- [Source material]:
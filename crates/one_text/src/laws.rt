//! Each input has one text, and each ending too.
ghost use Rattle.std.specs.Prelude.{◌≡◌, ◌≢◌, ◌≤◌, ◌*◌, ℕ, List, Ok, length};
ghost use Rattle.px_base.specs.declared.graph.Edge.{Edge as EdgeData};
ghost use Rattle.px_base.specs.declared.graph.EdgeList.{EdgeList as EdgeListData};
ghost use Rattle.px_base.specs.declared.graph.ReadGraph.{ReadGraph as ReadGraphData};
ghost use Rattle.px_base.specs.declared.program.Form.{Form as FormData};
ghost use Rattle.px_base.specs.declared.program.Program.{Program as ProgramData};
ghost use Rattle.px_base.specs.declared.program.Reads.{Reads as ReadsData};
ghost use Rattle.px_base.specs.AnswerTexts.{IsAnswerText};
ghost use Rattle.px_base.specs.Graphs.{IsGraphOf, read_count};
ghost use Rattle.px_base.specs.Lines.{IdEdge, IsEdgeListOf};
ghost use Rattle.command_ends.specs.declared.stop.Stop.{Stop as StopData};
ghost use Rattle.command_texts.specs.declared.job.Job.{Job as JobData};
ghost use Rattle.command_texts.specs.Endings.{Ending, IsEndingText, ending_of, stopped};
ghost use Rattle.command_texts.specs.Jobs.{JobFits};

/// Edges have a list, a list has a graph of each form, with at most two reads for each edge, and there is no second one. A
/// program's answer on edges has no second text.
pub fn every_input_has_one_text()
    ensures some_list { (edges : List IdEdge) → (list : EdgeListData) × IsEdgeListOf edges list }
    ensures list { (edges : List IdEdge) (a b : EdgeListData) → IsEdgeListOf edges a → IsEdgeListOf edges b → a ≡ b }
    ensures some_graph { (form : FormData) (reads : ReadsData) (n : ℕ) (edges : List EdgeData) → (graph : ReadGraphData) × IsGraphOf form reads n edges graph }
    ensures graph { (form : FormData) (reads : ReadsData) (n : ℕ) (edges : List EdgeData) (g h : ReadGraphData) →
        IsGraphOf form reads n edges g → IsGraphOf form reads n edges h → g ≡ h }
    ensures few { (form : FormData) (reads : ReadsData) (n : ℕ) (edges : List EdgeData) (graph : ReadGraphData) →
        IsGraphOf form reads n edges graph → read_count graph.rows ≤ 2 * length edges }
    ensures text { (p : ProgramData) (sources : List ℕ) (edges : List IdEdge) (s t : List ℕ) →
        IsAnswerText p sources edges s → IsAnswerText p sources edges t → s ≡ t }
{}

/// However a job ends on some bytes: by a stop, or it has a text, and no second one.
pub fn every_ending_has_one_text()
    ensures exists { (this : JobData) (bytes : List ℕ) → JobFits this → ((why : StopData) → ending_of (Ok this) bytes ≢ stopped why) →
        (text : List ℕ) × IsEndingText (ending_of (Ok this) bytes) text }
    ensures only { (ending : Ending) (s t : List ℕ) → IsEndingText ending s → IsEndingText ending t → s ≡ t }
{}
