//! The files of a call: their limits, what fetching one does, what the line file and the scripts file
//! say; and why a call stops, with its exit status and its line to standard error.
#![tactic(auto)]

mod files;
mod messages;
mod refusal;
mod stop;
mod study;

pub use files::fetch_file;
pub use messages::put_message;
pub use refusal::Refusal;
pub use stop::{File, Status, Stop, ended};
pub use study::read_study;
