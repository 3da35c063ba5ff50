//! What a line file and a scripts file say.
ghost use Rattle.call_files.specs.Study.{ReadsStudy};

use crate::stop::Stop;
use call_answer::Study;
use file_line::read_line;
use file_tables::script::read_scripts;
use net_compile::compile;
use std::alloc::Global;

/// Reads the line file and then the scripts file, and compiles the line.
pub fn read_study(alloc: Global, line: &[u8], scripts: &[u8]) -> Result<Study, Stop>
    ensures { ReadsStudy line.now scripts.now result }
{
    let line = read_line(alloc, line)?;
    let scripts = read_scripts(alloc, &line, scripts)?;
    let net = compile(alloc, &line)?;
    Ok(Study { line, scripts, net })
}
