//! Why a file or the parameter is refused, and what the line to standard error tells of it.
ghost use Rattle.std.specs.Prelude.{◌≡◌};
ghost use Rattle.call_files.specs.Refusals.{detail_of, name_of, subject_of, line_detail};
ghost use Rattle.call_files.specs.Refusals.{record_detail};

use crate::stop::File;
use file_document::{DocumentFault, Path};
use file_tables::script::ScriptFault;
use file_tables::timing::TimingFault;
use judge_match::matching::SeenFault;
use model_line::Name;

/// Why a file, or the parameter that the words name, is refused.
#[derive(Clone, Copy)]
pub enum Refusal {
    /// It is longer than its limit.
    TooLong(File),
    Line(DocumentFault),
    Scripts(ScriptFault),
    Timings(TimingFault),
    Record(SeenFault),
    /// No parameter of the line has the name.
    UnknownParameter,
}

/// What is refused.
#[derive(Clone, Copy)]
pub enum Subject {
    File(File),
    Parameter,
}

/// What is told behind the name of a fault.
#[derive(Clone, Copy)]
pub enum Detail {
    Nothing,
    /// A place in a line file.
    Path(Path),
    /// The number of a record of a scripts, timings or record file.
    Record(u32),
    /// The sender and the receiver of a channel that is not there.
    Channel(Name, Name),
}

impl Refusal {
    pub fn subject(&self) -> Subject
        ensures { result ≡ subject_of self.now }
    {
        match self {
            Refusal::TooLong(file) => Subject::File(*file),
            Refusal::Line(_) => Subject::File(File::Line),
            Refusal::Scripts(_) => Subject::File(File::Scripts),
            Refusal::Timings(_) => Subject::File(File::Timings),
            Refusal::Record(_) => Subject::File(File::Record),
            Refusal::UnknownParameter => Subject::Parameter,
        }
    }

    /// The fault's printed name.
    pub fn name(&self) -> &'static str
        ensures { result.now ≡ name_of self.now }
    {
        match self {
            Refusal::TooLong(_) => "TooLong",
            Refusal::Line(fault) => fault.name(),
            Refusal::Scripts(fault) => fault.name(),
            Refusal::Timings(fault) => fault.name(),
            Refusal::Record(fault) => fault.name(),
            Refusal::UnknownParameter => "Unknown",
        }
    }

    pub fn detail(&self) -> Detail
        ensures { result ≡ detail_of self.now }
    {
        match self {
            Refusal::TooLong(_) => Detail::Nothing,
            Refusal::Line(fault) => detail_of_line(fault),
            Refusal::Scripts(fault) => detail_of_record(fault.record()),
            Refusal::Timings(fault) => detail_of_record(fault.record()),
            Refusal::Record(fault) => detail_of_record(fault.record()),
            Refusal::UnknownParameter => Detail::Nothing,
        }
    }
}

fn detail_of_line(fault: &DocumentFault) -> Detail
    ensures { result ≡ line_detail fault.now }
{
    match fault {
        DocumentFault::NotToml => Detail::Nothing,
        DocumentFault::Unknown(path)
        | DocumentFault::Missing(path)
        | DocumentFault::WrongKind(path)
        | DocumentFault::Range(path)
        | DocumentFault::BadName(path)
        | DocumentFault::Twice(path)
        | DocumentFault::BadTime(path, _)
        | DocumentFault::Swept(path)
        | DocumentFault::NoInstant(path)
        | DocumentFault::TooMany(path)
        | DocumentFault::BadDate(path)
        | DocumentFault::OneFile(path) => Detail::Path(*path),
        DocumentFault::Channels(from, to) => Detail::Channel(*from, *to),
    }
}

fn detail_of_record(number: Option<u32>) -> Detail
    ensures { result ≡ record_detail number }
{
    match number {
        None => Detail::Nothing,
        Some(number) => Detail::Record(number),
    }
}
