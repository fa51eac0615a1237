// Where a line of supervision is told.
ghost use Rattle.std.specs.Prelude.{◌≡◌};
ghost use Rattle.vdr_alerts.specs.Lines.{mark_of};

use std::marker::Model;
use vdr_entry::Record;

/// The place of a record, its stamp in milliseconds since 1970, and its recording time in milliseconds.
#[derive(Drop)]
pub struct Mark {
    pub place: u64,
    pub utc: i64,
    pub tick: u64,
}

impl Model for Mark {
    ghost use Rattle.vdr_terms.specs.Stamps.{IsStamp};
    ghost use Rattle.vdr_alerts.specs.Lines.{Mark as AMark};

    ghost Value = { AMark };

    ghost view = { λ m. record { place = m.place; utc = m.utc; tick = m.tick } };

    ghost invariant = { λ m. IsStamp m.utc };
}

impl Mark {
    pub fn of(item: &Record) -> Mark
        ensures { result ≡ mark_of item.now }
    {
        Mark {
            place: item.place,
            utc: item.utc,
            tick: item.tick,
        }
    }
}
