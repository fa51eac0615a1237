//! Bridge alerts by what the sentences ALF and ALC say (IEC 61924-2, IEC 61162-1; when a line is printed is this project's profile), and what
//! all lines of supervision have in common: how they begin, and tables in order.
//!
//! The format, with an example: docs/formats/printed.md.
//!
//! An alert that comes in two sentences is told once both are there: its state stands in the first one, and nothing is
//! told of the first alone. A list in several sentences counts once all of them came, directly behind one another.
#![tactic(auto)]

mod alert;
mod board;
mod line;
mod mark;
mod part;
mod print;
mod rows;
mod saying;

pub use board::Board;
pub use line::{NONE, letter_text, print_line, print_text};
pub use mark::Mark;
pub use rows::{found, put_row};
pub use saying::{Saying, saying_of};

- [Exercise details]: Show the lines of the listing above with "Global".

- [Answer for the task]:
use std::alloc::Global;
pub fn read_study(alloc: Global, line: &[u8], scripts: &[u8]) -> Result<Study, Stop>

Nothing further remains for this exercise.